#### DIRECTIONS FOR THIS TASK
Find the string "reserved" in the records and copy each line where it occurs.
____ DATA LISTING
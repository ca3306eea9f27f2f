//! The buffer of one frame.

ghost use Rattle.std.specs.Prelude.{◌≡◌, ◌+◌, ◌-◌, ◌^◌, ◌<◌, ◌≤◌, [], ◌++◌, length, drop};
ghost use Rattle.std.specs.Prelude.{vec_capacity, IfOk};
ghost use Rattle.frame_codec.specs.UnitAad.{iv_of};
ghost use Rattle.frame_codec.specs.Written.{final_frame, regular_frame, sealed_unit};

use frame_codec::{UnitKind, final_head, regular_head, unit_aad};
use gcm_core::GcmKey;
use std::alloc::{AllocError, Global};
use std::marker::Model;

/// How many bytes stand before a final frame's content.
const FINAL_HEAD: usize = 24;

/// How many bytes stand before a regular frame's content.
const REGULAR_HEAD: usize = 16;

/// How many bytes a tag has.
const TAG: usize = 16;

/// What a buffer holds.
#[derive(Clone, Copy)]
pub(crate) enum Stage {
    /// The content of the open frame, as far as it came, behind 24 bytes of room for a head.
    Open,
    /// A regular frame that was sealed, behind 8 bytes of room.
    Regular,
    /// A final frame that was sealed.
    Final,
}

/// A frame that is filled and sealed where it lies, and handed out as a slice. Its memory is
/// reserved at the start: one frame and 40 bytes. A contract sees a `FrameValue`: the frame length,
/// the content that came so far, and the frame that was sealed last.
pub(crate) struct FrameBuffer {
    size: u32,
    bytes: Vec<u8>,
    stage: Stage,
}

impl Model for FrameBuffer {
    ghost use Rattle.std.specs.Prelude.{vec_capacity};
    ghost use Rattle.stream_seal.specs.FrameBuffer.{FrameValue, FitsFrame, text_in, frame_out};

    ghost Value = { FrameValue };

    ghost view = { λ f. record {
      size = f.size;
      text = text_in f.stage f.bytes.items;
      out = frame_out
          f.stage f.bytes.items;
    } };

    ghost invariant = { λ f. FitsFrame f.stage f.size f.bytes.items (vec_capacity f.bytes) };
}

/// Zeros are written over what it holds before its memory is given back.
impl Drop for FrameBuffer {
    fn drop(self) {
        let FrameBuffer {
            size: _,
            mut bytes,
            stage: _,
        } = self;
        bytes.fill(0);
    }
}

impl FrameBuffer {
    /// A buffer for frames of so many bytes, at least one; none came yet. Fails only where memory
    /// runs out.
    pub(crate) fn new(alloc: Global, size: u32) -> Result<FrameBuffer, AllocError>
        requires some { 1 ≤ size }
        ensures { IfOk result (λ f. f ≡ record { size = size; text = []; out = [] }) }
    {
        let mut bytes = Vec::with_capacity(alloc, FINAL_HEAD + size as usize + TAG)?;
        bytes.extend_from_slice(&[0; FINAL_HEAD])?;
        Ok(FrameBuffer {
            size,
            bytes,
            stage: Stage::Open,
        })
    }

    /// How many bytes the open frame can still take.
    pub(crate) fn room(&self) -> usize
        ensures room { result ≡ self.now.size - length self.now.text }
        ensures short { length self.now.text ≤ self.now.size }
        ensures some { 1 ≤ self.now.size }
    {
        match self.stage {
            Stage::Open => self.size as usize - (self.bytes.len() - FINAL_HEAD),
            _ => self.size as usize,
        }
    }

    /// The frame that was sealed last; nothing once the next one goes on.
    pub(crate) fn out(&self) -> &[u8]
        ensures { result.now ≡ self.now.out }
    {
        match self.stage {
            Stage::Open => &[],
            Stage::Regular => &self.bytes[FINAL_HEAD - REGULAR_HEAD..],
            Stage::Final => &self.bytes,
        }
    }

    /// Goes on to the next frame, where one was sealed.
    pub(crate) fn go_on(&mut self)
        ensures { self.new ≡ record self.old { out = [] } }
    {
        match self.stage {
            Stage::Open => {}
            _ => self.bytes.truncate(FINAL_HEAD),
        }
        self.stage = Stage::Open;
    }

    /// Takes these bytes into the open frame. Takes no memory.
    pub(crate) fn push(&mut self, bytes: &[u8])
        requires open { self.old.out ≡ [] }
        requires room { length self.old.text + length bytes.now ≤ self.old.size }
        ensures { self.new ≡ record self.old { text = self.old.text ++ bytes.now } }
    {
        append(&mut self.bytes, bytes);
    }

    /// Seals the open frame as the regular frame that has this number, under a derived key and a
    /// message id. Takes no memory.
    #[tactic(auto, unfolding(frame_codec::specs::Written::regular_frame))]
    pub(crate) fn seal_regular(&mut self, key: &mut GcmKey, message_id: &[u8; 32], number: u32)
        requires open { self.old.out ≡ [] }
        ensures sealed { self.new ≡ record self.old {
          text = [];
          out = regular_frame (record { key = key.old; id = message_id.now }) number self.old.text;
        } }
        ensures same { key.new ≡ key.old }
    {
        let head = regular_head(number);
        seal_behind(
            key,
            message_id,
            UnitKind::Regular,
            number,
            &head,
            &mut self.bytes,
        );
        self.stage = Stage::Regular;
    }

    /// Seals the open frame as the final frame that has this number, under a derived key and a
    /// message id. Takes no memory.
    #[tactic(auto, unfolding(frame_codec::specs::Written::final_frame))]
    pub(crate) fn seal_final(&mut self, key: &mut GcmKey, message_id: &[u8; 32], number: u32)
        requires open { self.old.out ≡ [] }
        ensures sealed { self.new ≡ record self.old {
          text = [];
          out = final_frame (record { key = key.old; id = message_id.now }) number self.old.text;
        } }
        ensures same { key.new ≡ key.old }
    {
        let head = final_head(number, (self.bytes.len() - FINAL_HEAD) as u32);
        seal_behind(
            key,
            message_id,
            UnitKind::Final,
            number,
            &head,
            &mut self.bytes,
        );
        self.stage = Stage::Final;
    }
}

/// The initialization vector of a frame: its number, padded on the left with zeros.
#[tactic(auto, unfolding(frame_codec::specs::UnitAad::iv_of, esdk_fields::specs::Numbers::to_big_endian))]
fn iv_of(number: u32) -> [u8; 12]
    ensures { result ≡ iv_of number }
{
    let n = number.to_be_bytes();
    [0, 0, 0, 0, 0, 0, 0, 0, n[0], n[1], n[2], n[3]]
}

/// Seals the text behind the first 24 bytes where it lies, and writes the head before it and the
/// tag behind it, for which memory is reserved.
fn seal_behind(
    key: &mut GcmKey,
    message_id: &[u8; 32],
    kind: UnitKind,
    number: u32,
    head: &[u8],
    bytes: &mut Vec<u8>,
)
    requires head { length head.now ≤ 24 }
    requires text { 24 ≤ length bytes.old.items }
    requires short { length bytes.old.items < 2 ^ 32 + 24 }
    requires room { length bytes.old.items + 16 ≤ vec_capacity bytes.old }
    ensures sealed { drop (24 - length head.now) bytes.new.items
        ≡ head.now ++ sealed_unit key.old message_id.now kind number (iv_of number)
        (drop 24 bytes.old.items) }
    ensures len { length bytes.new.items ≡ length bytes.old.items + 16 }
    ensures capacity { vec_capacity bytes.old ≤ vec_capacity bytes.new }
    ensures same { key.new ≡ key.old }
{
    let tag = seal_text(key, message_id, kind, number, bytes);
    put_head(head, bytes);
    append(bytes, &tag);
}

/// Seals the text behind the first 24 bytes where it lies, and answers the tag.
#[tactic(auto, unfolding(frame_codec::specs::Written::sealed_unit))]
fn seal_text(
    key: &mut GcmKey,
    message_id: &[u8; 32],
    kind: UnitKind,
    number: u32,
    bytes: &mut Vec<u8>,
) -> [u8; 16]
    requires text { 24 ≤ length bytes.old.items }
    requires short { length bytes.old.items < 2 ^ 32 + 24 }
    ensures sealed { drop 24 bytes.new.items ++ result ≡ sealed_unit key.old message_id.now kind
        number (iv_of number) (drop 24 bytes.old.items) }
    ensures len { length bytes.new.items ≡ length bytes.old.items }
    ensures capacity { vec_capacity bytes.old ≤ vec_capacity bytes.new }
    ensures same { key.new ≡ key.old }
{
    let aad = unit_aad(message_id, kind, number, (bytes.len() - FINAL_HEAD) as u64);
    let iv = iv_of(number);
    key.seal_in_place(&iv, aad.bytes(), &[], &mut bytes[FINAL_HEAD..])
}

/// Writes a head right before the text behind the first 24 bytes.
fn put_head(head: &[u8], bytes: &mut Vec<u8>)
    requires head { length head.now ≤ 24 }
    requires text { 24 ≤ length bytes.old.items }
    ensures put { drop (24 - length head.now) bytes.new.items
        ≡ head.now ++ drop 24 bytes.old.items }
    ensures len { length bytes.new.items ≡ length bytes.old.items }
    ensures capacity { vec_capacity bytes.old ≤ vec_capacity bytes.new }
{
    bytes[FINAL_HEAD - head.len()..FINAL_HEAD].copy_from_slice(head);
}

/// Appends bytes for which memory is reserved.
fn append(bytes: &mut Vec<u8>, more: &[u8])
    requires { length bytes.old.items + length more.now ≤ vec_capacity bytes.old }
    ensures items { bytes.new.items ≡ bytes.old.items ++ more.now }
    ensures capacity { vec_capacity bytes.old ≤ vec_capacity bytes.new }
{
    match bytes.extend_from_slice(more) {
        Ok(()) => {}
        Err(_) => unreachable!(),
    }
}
________
#### TASK OUTPUT
/// reserved at the start: one frame and 40 bytes. A contract sees a `FrameValue`: the frame length,
/// tag behind it, for which memory is reserved.
/// Appends bytes for which memory is reserved.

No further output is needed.